When is the Rayleigh quotient (spherically) convex?

Question

Suppose that $A$ is a real, $n \times n$ symmetric matrix. Define the map $F: \mathbf{R}^n \to \mathbf{R}$ by $x \mapsto x^T A x$.

Question: For which matrices $A$ is the map $f = F|_{S^{n-1}}$ convex?

Let us give an interpretation for convexity in the sense of the question above.

Definition: Let $M$ be a Riemannian manifold. A map $f: M \to \mathbf{R}$ is convex, provided that for every geodesic $\gamma: [0, 1] \to M$, and every $t \in [0, 1]$, $$ f(\gamma(t)) \leq t f(\gamma(0)) + (1-t) f(\gamma(1)).$$

Let us make three remarks now.

• First, this definition implies that $f \circ \gamma$ is a convex map for all geodesics $\gamma$ (check this via restricting $\gamma$, yielding yet another geodesic).

• Secondly, when $M = \mathbf{R}^n$ with the usual flat metric, this definition reduces to $$ f(x_t) \leq t f(x_0) + (1-t) f(x_1), \qquad \mbox{for every $x_0, x_1 \in \mathbf{R}^n$}, $$ where above $x_t:= tx_0 + (1-t)x_1$, $t\in [0, 1]$. In other words, the usual definition of convexity for maps $\mathbf{R}^n \to \mathbf{R}$.

• Finally, if $S^{n-1}$ is replaced by $\mathbf{R}^n$ above, then the answer to the question is simply for $A$ nonnegative definite.

Answer 1

The notion of convexity you are using is unnatural for functions defined on compact (connected) Riemannian manifolds: With this definition every convex function is constant. Indeed, suppose that $f: M\to {\mathbb R}$ is a convex function on a compact connected Riemannian manifold. Then $f$ is necessarily convex and, hence, attains its maximum at some point $p$. But for every $q\in M$ there is a geodesic $c$ in $M$ containing $q$ and $p$ as its interior point. Thus, the convex function $f|c$ is nonconstant. But a nonconstant convex function on an interval cannot attain its maximum at an interior point. Hence, $f(p)=f(q)$ and, therefore, $f$ is constant. (A small modification of this proof works even if you assume that $f$ is convex only on all distance-minimizing geodesics.)
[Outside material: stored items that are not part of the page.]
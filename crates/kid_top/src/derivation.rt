//! The derivation of a program by the range theory, as it is saved.
ghost use Rattle.std.specs.Prelude.{◌≡◌, true, IfOk, codes};
ghost use Rattle.kid_sexp.specs.Plain.{atom, list, one, join, none};
ghost use Rattle.kid_sexp.specs.Tree.{plain};
ghost use Rattle.kid_value.specs.SortLimits.{in_limits, is_allowed};
ghost use Rattle.kid_value.specs.SortView.{plain_sort};
ghost use Rattle.kid_codec.specs.SortSpelling.{number_tree};
ghost use Rattle.kid_prog.specs.ProgramView.{plain_program};
ghost use Rattle.kid_top.specs.Derivation.{range_step, steps_at, derivation_text};

use kid_codec::value_tree;
use kid_prog::Program;
use kid_sexp::{Forest, Tree, print};
use kid_value::{Memory, Sort, Text, Value};
use std::alloc::Global;

fn word(alloc: Global, word: &[u8]) -> Result<Tree, Memory>
    ensures { IfOk result (λ t. plain t ≡ atom word.now) }
{
    Ok(Tree::Atom(Text::from_slice(alloc, word)?))
}

fn number(alloc: Global, n: i64) -> Result<Tree, Memory>
    requires { in_limits n ≡ true }
    ensures { IfOk result (λ t. plain t ≡ number_tree n) }
{
    value_tree(alloc, &Value::Int(n))
}

/// The names of the two components.
fn components(alloc: Global) -> Result<Tree, Memory>
    ensures { IfOk result (λ t. plain t ≡ list (join (one (atom (codes "low"))) (one (atom (codes "high"))))) }
{
    let mut trees = Forest::new(alloc);
    trees.push(word(alloc, b"low")?)?;
    trees.push(word(alloc, b"high")?)?;
    Ok(Tree::List(trees))
}

/// No moves.
fn no_moves(alloc: Global) -> Result<Tree, Memory>
    ensures { IfOk result (λ t. plain t ≡ list (one (atom (codes "by")))) }
{
    let mut trees = Forest::new(alloc);
    trees.push(word(alloc, b"by")?)?;
    Ok(Tree::List(trees))
}

/// The step that matches the range from `lo` to `hi`.
fn range_step(alloc: Global, lo: i64, hi: i64) -> Result<Tree, Memory>
    requires lo { in_limits lo ≡ true }
    requires hi { in_limits hi ≡ true }
    ensures { IfOk result (λ t. plain t ≡ range_step lo hi) }
{
    let mut trees = Forest::new(alloc);
    trees.push(word(alloc, b"match")?)?;
    trees.push(word(alloc, b"range")?)?;
    trees.push(components(alloc)?)?;
    trees.push(number(alloc, lo)?)?;
    trees.push(number(alloc, hi)?)?;
    trees.push(no_moves(alloc)?)?;
    Ok(Tree::List(trees))
}

fn steps(alloc: Global, sort: &Sort) -> Result<Forest, Memory>
    requires { is_allowed (plain_sort sort.now) ≡ true }
    ensures { IfOk result (λ f. f ≡ steps_at (plain_sort sort.now)) }
{
    let mut steps = Forest::new(alloc);
    if let Sort::Int { lo, hi } = sort {
        steps.push(range_step(alloc, *lo, *hi)?)?;
    }
    Ok(steps)
}

/// The text of the derivation of a program: one line for its one step.
#[tactic(auto, using(crate::proofs::Steps::steps))]
pub fn derivation_text(alloc: Global, program: &Program) -> Result<Vec<u8>, Memory>
    requires { is_allowed (plain_sort program.now.sort) ≡ true }
    ensures { IfOk result (λ bytes. bytes.items ≡ derivation_text (plain_program program.now)) }
{
    let steps = steps(alloc, &program.sort)?;
    match print(alloc, &steps) {
        Ok(bytes) => Ok(bytes),
        Err(_) => Err(Memory),
    }
}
Applied in the setting of your question, you have the bilinear form $\langle x, y\rangle=x^TAy$ on ${\mathbb R}^n$. Either the corresponding quadratic form $q(x)=f(x)$ is identically zero (which implies that $A=0$), or after multiplying the matrix $A$ by a scalar, we get $q(x)=1$ for all $x\in S^{n-1}$. But a bilinear form is uniquely determined by its quadratic form: $$ \langle x, y\rangle= \frac{1}{2}(q(x+y) - q(x) -q(y)). $$ Hence, $\langle x, y\rangle$ equals the standard dot product. In other words, $A=I$.

Answer 2

I provide a partial answer below, but I would be interested to see what people think.

Claim: If $A$ is not a multiple of the identity, then $f$ is not convex.

1. Let $\lambda_i$, $e_i$ denote the (real) eigenvalue-eigenvector pairs for $A$, for $i = 1, 2, \dots, n$.

2. Suppose that $\lambda_i < \lambda_j$ for some distinct $i, j \in \{1, 2, \dots, n\}$. Let us consider the geodesics with images lying in $E_{ij} := \mathrm{span}\{e_i, e_j\} \cap S^{n-1}$.

3. For $x \in E_{ij}$, write $x = c_i e_i + c_j e_j$, for $c_i^2 + c_j^2 = 1$, and note that $f|_{E_{ij}}(x) = \lambda_i c_i^2 + \lambda_j c_j^2$. We may reparameterize this as $f|_{E_{ij}}(\theta) = \lambda_i \cos^2(\theta) + \lambda_j \sin^2(\theta)$.

4. Geodesics $\gamma$ with images in $E_{ij}$ correspond to connected intervals $I \subset [0, 2\pi)$ (of length less than $\pi$). Hence such maps $f \circ \gamma$ are restrictions of $f_{E_{ij}}$ to intervals.

5. There exists a connected interval $I$ of length less than $\pi$ on which $\cos^2(\theta)$ is neither convex nor concave.
6. Hence, if $\lambda_i < \lambda_j$, $f \circ \gamma$ is not convex for some $\gamma$ whose image lies in $E_{ij}$. Thus $f$ is not convex.
7. If no such pair $i, j$ exists, then $A = cI$ for some $c \in \mathbf{R}$.